Après une enfance bercée par le ballon rond, « Zen-Marie » étrenne pour la première fois ses boucles blondes et  son sourire rieur sur les prés de la Jupiler League lors de la saison 73-74. Et s’il n’a alors que 20 ans, il ne va pourtant pas tarder à s’imposer dans les rangs de Beveren, son club formateur.

Celui dont le seul regret restera « d’avoir raccroché les crampons bien trop tôt » joue 27 matches dès sa première saison dans le nord de Bruxelles. Car avant de devenir  l’idole et accessoirement le showman de tout un peuple, JMP passe près d’une décennie à défendre les couleurs des Agriculteurs.

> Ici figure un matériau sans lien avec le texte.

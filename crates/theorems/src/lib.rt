// The theorems behind the front page, and the proved cases. No code: specs/ and proofs/ are all of it.
#![tactic(auto)]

En 1976, ses bonnes performances lui ouvrent les portes de la sélection, une saison avant de remporter le soulier d’or du championnat belge.

Avec les jaune et bleu, il remporte la coupe nationale en 78, puis le championnat en 79. Avant de partir à Munich, Pfaff devient El Simpatico, multipliant les frasques lui attirant l’amour d’un public acquis à sa cause. Ses performances aussi, contribuent à bâtir sa légende. Amené à remplacer un Théo Custers bien trop roux pour jouer l’Euro 80,  Pfaff est un des grands artisans de l’excellent parcours des diables rouges, qui ne perdent qu’en finale face au géant allemand.

De retour au pays, le portier joue deux saisons en demi-teinte avant de rejoindre le Bayern Munich, à 29 ans. Habitué à son cocon belge, Jean-Marie découvre un autre monde, où la défaite et les sentiments n’ont pas leur place. Un monde qui semble convenir à l’exubérant gardien : « Mon passage du petit Beveren, où j’ai été formé, au grand Bayern, géant européen, reste un de mes meilleurs souvenirs. J’ai découvert un autre monde et acquis une nouvelle dimension ».

Mais avant de découvrir les joies de la Bundesliga, la coupe du monde ibérique se profile pour ce qui reste aujourd’hui encore comme la plus grande génération de joueurs belges. Le principal intéressé évoque ces réminiscences avec émotion « Mon premier grand souvenir, c’est la Coupe du Monde 1982 en Espagne et ce fameux premier match face à l’Argentine de mon ami Diego Maradona. Sous les yeux du monde entier, et alors qu’on ne nous donnait pas la moindre chance face aux champions du monde en titre, nous l’avons emporté 1-0, grâce à un collectif remarquable et un but d’Erwin Vandenbergh ».

Quatre ans. C’est le temps qu’il faut à JM pour sortir de l’ombre de Sepp Maier en Bavière, remporter deux coupes d’Allemagne et deux Bundesligas, avant d’entrer dans l’histoire de son pays. 1986, le monde entier a les yeux rivés vers le Mexique, où l’Italie, vainqueur de l’Allemagne quatre ans plus tôt à Santiago Bernabeu, vient défendre son titre.

Après des débuts poussifs (défaite face au Mexique, nul face au Paraguay), la Belgique se qualifie pour les huitièmes à la faveur des points engrangés face à l’Irak. Face à l’URSS, le scénario incroyable et un Pfaff des grands soirs permettent au plat pays d’accéder pour la première fois de son histoire aux quarts d’une World Cup.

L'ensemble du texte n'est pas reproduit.